A patient’s blood pressure is an indicator of the condition’s severity. It is often considered an emergency, and doctors often refer them to the intensive care unit for continued cardiac monitoring, frequent assessment of neurologic status doithuong, and frequent urine output. Antihypertensive medications and intravenous fluids are administered to treat hypertension. Malignant hypertension is associated with altered blood pressure autoregulation. When blood pressure is reduced too quickly, organs are not adequately perfused, which can lead to a dangerous situation called “reference range hypoperfusion”.

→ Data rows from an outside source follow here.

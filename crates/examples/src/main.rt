// Runs the cases of standard input, one to a line, and writes what the readers, the rules and the writer answer. A refusal is
// its number and, where it has one, its place in the block, the symbology or the layout. A line is a kind and the bytes of the
// case in hexadecimal; spaces are passed over. Numbers are little-endian.
//   #  a remark, written as it is
//   s  a type sheet for the cases after it: places of numbers that are not 0, each with its number, two bytes each
//   b  a block: its version, the rows of each lent table (two bytes), the block
//   y  a symbology: its width (two bytes), its place in the block (two), its bytes
//   l  a layout: the symbol width (two bytes), the layout
//   m  a layout with many labels: how many stand before the last (two bytes), with codes 0, 1 and so on, the last one (four
//      bytes), the symbol width (two), the layout up to its first label
//   t  a layout that is read, written and read again: the symbol width (two bytes), the layout
//   i  a layout that is asked whether it is tidy: the symbol width (two bytes), the layout
//   w  rows for the writer: symbol width, layout version, bytes of output, how often the last row stands once more, length
//      of the texts (two bytes each), the texts, the rows
#![tactic(auto)]

mod bytes;
mod readers;
mod rows;
mod show;
mod written;

ghost use Rattle.std.specs.Prelude.{◌<◌, IfSome};

use readers::LayoutCase;
use std::alloc::Global;
use std::io::Write;
use std::{fmt, io};

fn main(rt: HostRuntime) -> io::Result<()> {
    let mut input = vec![in rt.alloc(); 0; 1048576]?;
    let n = reading::read_full(&mut rt.reader(), &mut input)?;
    let mut cases = Cases {
        out: io::writer(&rt),
        alloc: rt.alloc(),
        sheet: [0; 520],
        room: vec![in rt.alloc(); 0; 131072]?,
    };
    for line in input[..n].split(|x| *x == b'\n') {
        cases.line(line)?;
    }
    Ok(())
}

// Where the answers go, the type sheet that came last, and room for the bytes of a case.
#[derive(Drop)]
struct Cases<W> {
    out: W,
    alloc: Global,
    sheet: [u16; 520],
    room: Vec<u8>,
}

impl<W: Write> Cases<W> {
    // A remark, or a case; nothing for an empty line.
    fn line(&mut self, text: &[u8]) -> io::Result<()> {
        if let Some((first, digits)) = text.split_first() {
            let kind = Kind::try_from(*first);
            if let Ok(Kind::Remark) = kind {
                return show::line(&mut self.out, text);
            }
            let n = unhex(digits, &mut self.room);
            return match kind {
                Ok(kind) => self.case(kind, n),
                Err(unknown) => writeln!(self.out, "{unknown}"),
            };
        }
        Ok(())
    }

    // One case of a kind, of the first n bytes in the room.
    fn case(&mut self, kind: Kind, n: usize) -> io::Result<()> {
        let n = match kind {
            Kind::ManyLabels => readers::with_labels(&mut self.room, n),
            _ => n,
        };
        let s = bytes::front(&self.room, n);
        let out = &mut self.out;
        let sheet = &self.sheet;
        match kind {
            Kind::Remark => Ok(()),
            Kind::Sheet => {
                self.sheet = sheet_of(s);
                Ok(())
            }
            Kind::Block => readers::block(out, self.alloc, s, sheet),
            Kind::Symbology => readers::symbology(out, s),
            Kind::Layout => readers::layout(out, self.alloc, LayoutCase::of(s, sheet)),
            Kind::ManyLabels => {
                readers::layout(out, self.alloc, LayoutCase::of(bytes::from(s, 6), sheet))
            }
            Kind::Again => written::again(out, self.alloc, LayoutCase::of(s, sheet)),
            Kind::Tidy => readers::tidy(out, LayoutCase::of(s, sheet)),
            Kind::Rows => written::rows(out, self.alloc, s, sheet),
        }
    }
}

// What a line is.
#[derive(Clone, Copy)]
enum Kind {
    Remark,
    Sheet,
    Block,
    Symbology,
    Layout,
    ManyLabels,
    Again,
    Tidy,
    Rows,
}

impl TryFrom<u8> for Kind {
    type Error = UnknownKind;

    fn try_from(first: u8) -> Result<Self, UnknownKind> {
        match first {
            b'#' => Ok(Kind::Remark),
            b's' => Ok(Kind::Sheet),
            b'b' => Ok(Kind::Block),
            b'y' => Ok(Kind::Symbology),
            b'l' => Ok(Kind::Layout),
            b'm' => Ok(Kind::ManyLabels),
            b't' => Ok(Kind::Again),
            b'i' => Ok(Kind::Tidy),
            b'w' => Ok(Kind::Rows),
            _ => Err(UnknownKind),
        }
    }
}

// A byte that begins no line.
#[derive(Clone, Copy, Debug)]
struct UnknownKind;

impl fmt::Display for UnknownKind {
    fn fmt<W: fmt::Write>(&self, f: &mut fmt::Formatter<W>) -> fmt::Result {
        f.write_str("no such kind")
    }
}

// The sheet with these numbers at these places, and 0 elsewhere.
fn sheet_of(s: &[u8]) -> [u16; 520] {
    let mut sheet = [0u16; 520];
    let (pairs, _) = s.as_chunks::<4>();
    for [a, b, c, d] in pairs {
        let at = usize::from(u16::from_le_bytes([*a, *b]));
        if let Some(place) = sheet.get_mut(at) {
            *place = u16::from_le_bytes([*c, *d]);
        }
    }
    sheet
}

// How many bytes the text has in hexadecimal; they are put into the room, as many as it has place for. A character that begins no pair of
// digits is passed over, so how far a step goes depends on the text.
fn unhex(text: &[u8], room: &mut [u8]) -> usize {
    let mut n = 0;
    let mut i = 0;
    while i + 1 < text.len() {
        match (digit(text[i]), digit(text[i + 1])) {
            (Some(high), Some(low)) => {
                bytes::put(room, n, high * 16 + low);
                n += 1;
                i += 2;
            }
            _ => i += 1,
        }
    }
    n
}

// The value of a hexadecimal digit.
fn digit(b: u8) -> Option<u8>
    ensures { IfSome result (λ value. value < 16) }
{
    match b {
        b'0'..=b'9' => Some(b - b'0'),
        b'a'..=b'f' => Some(b - b'a' + 10),
        _ => None,
    }
}
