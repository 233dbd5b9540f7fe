// What the readers of blocks, symbologies and layouts answer, and the rules.
ghost use Rattle.std.specs.Prelude.{◌≤◌};

use crate::show::Told;
use crate::{bytes, rows, show};
use block::Fields;
use layout::{Accepted, ReadError};
use refusal::Refusal;
use std::alloc::Global;
use std::io;
use std::io::Write;
use symbology::Section;

// A layout of a case, or the texts of its rows: the symbol width and the type sheet that it is judged with, and its bytes.
#[derive(Clone, Copy)]
pub(crate) struct LayoutCase<'a> {
    pub(crate) width: u16,
    pub(crate) sheet: &'a [u16; 520],
    pub(crate) bytes: &'a [u8],
}

impl<'a> LayoutCase<'a> {
    // The symbol width stands before the layout.
    pub(crate) fn of(s: &'a [u8], sheet: &'a [u16; 520]) -> LayoutCase<'a> {
        LayoutCase {
            width: bytes::u16_at(s, 0),
            sheet,
            bytes: bytes::from(s, 2),
        }
    }
}

// A block of a case: its fields and rows, the rows needed, or the refusal.
pub(crate) fn block(
    out: &mut impl Write,
    alloc: Global,
    s: &[u8],
    sheet: &[u16; 520],
) -> io::Result<()> {
    let version = bytes::byte(s, 0);
    let rows = usize::from(bytes::u16_at(s, 1)).min(512);
    let block = bytes::from(s, 3);
    let mut symbology = vec![in alloc; 0; 6 * rows]?;
    let mut layout = vec![in alloc; 0; 9 * rows]?;
    match block::read_block(version, block, sheet, &mut symbology, &mut layout) {
        Ok(fields) => accepted(out, fields, block, &symbology, &layout),
        Err(block::ReadError::Refused(why)) => show::refused(out, why),
        Err(block::ReadError::Short { symbology, layout }) => {
            writeln!(out, "refused 3, symbology rows needed {symbology}")?;
            writeln!(out, "  layout rows needed {layout}")
        }
    }
}

// The fields of an accepted block and its rows.
fn accepted(
    out: &mut impl Write,
    fields: Fields,
    block: &[u8],
    symbology: &[u32],
    layout: &[u32],
) -> io::Result<()> {
    show::fields(out, fields)?;
    show::symbology_rows(out, block, symbology, fields.symbology_rows)?;
    show::layout_rows(out, bytes::from(block, 104), layout, fields.layout_rows)
}

// A symbology of a case: the place after it, its count of rows and the rows; or the refusal.
pub(crate) fn symbology(out: &mut impl Write, s: &[u8]) -> io::Result<()> {
    let width = bytes::u16_at(s, 0);
    let base = usize::from(bytes::u16_at(s, 2));
    let mut table = [0u32; 3072];
    match symbology::read_section_rows(bytes::from(s, 4), base, width, false, true, &mut table) {
        Ok(Section::Read { rows, next }) => {
            writeln!(out, "read {next} {rows}")?;
            show::symbology_rows(out, &[], &table, rows)
        }
        Ok(Section::Counted(rows)) => writeln!(out, "short {rows}"),
        Err(why) => show::refused(out, why),
    }
}

// A layout of a case: its version and its count of rows, or the refusal; what the rules say, by each way to ask them; its rows.
pub(crate) fn layout(out: &mut impl Write, alloc: Global, layout: LayoutCase) -> io::Result<()> {
    let LayoutCase {
        width,
        sheet,
        bytes,
    } = layout;
    let mut table = rows::space(alloc)?;
    let given = given_layout::read_layout(bytes, width, sheet, &mut table);
    let n = read_rows(out, bytes, &mut table)?;
    let by_search = engines::check_layout(bytes, width, sheet);
    let marked = engines::check_layout_plain(bytes, width, sheet);
    write!(out, "  rules {}", Told(answer_refusal(given)))?;
    write!(out, " {}", Told(by_search.err()))?;
    write!(out, " {}", Told(marked.err()))?;
    rules_of_rows(out, rows::front(&table, n), layout)?;
    show::layout_rows(out, bytes, &table, n)
}

// Whether a layout of a case is tidy; else the refusal, or the first untidy thing.
pub(crate) fn tidy(out: &mut impl Write, layout: LayoutCase) -> io::Result<()> {
    match tidy::check_tidy(layout.bytes, layout.width, layout.sheet) {
        Ok(()) => writeln!(out, "tidy"),
        Err(why) => show::refused(out, why),
    }
}

// Reads the rows of a layout, says what came of it, and answers how many there are.
fn read_rows(out: &mut impl Write, layout: &[u8], table: &mut [u32]) -> io::Result<usize> {
    match layout::read_layout_rows(layout, false, table) {
        Ok(Accepted { version, rows }) => {
            writeln!(out, "read {version} {rows}")?;
            return Ok(rows);
        }
        Err(ReadError::Short(needed)) => writeln!(out, "short {}", needed.rows)?,
        Err(ReadError::Refused(why)) => show::refused(out, why)?,
    }
    Ok(0)
}

// What the rules say of rows whose texts are in the layout, by search and marked.
pub(crate) fn rules_of_rows(
    out: &mut impl Write,
    rows: &[u32],
    layout: LayoutCase,
) -> io::Result<()> {
    let LayoutCase {
        width,
        sheet,
        bytes,
    } = layout;
    let by_search = engines::check_rows(rows, bytes, width, sheet);
    let marked = engines::check_rows_plain(rows, bytes, width, sheet);
    let by_search = Told(by_search.err());
    let marked = Told(marked.err());
    writeln!(out, " {by_search} {marked}")
}

// The refusal of an answer, where it does not read.
fn answer_refusal(answer: Result<Accepted, ReadError>) -> Option<Refusal> {
    match answer {
        Ok(_) => None,
        Err(ReadError::Short(_)) => Some(Refusal {
            number: refusal::TABLE_SHORT,
            place: 0,
        }),
        Err(ReadError::Refused(why)) => Some(why),
    }
}

// Puts the labels of a case of many labels after its n bytes; how many bytes it has then.
pub(crate) fn with_labels(room: &mut [u8], n: usize) -> usize {
    let count = usize::from(bytes::u16_at(room, 0));
    if 4096 < n {
        return n;
    }
    let len = 4 * count + 4;
    // The case's own numbers are read from the room while labels are put there, so each byte is put by its place.
    for j in 0..len {
        bytes::put(room, n + j, label_byte(room, count, j));
    }
    n + len
}

// Byte j of so many labels without names, with codes 0, 1 and so on, and of the case's last label after them.
fn label_byte(s: &[u8], count: usize, j: usize) -> u8
    requires count_bound { count ≤ 65535 }
    requires j_bound { j ≤ 262144 }
{
    if 4 * count <= j {
        return bytes::byte(s, 2 + (j - 4 * count));
    }
    match j % 4 {
        0 => (j / 4 % 256) as u8,
        1 => (j / 1024 % 256) as u8,
        _ => 0,
    }
}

Among the various drugs used to treat hypertension, thiazide-type diuretics are the first line of therapy for patients with stage 1 hypertension. Other medications include ACEIs (angiotensin-converting enzyme inhibitors), calcium channel blockers, beta-blockers, and diuretics. Each of these drugs is effective for lowering blood pressure, but there is a considerable range of interpatient variability.
Treatment of malignant hypertension requires an inter-professional team approach. The physician should seek medical advice from a cardiologist, nephrologist, neurologist, and internist. Because the condition can have devastating effects on target organs, it is important to monitor blood pressure and enforce medication compliance. While patients with asymptomatic hypertension should not be hospitalized, those with symptoms should be closely monitored. Specialists can diagnose end-organ damage and provide the appropriate medications.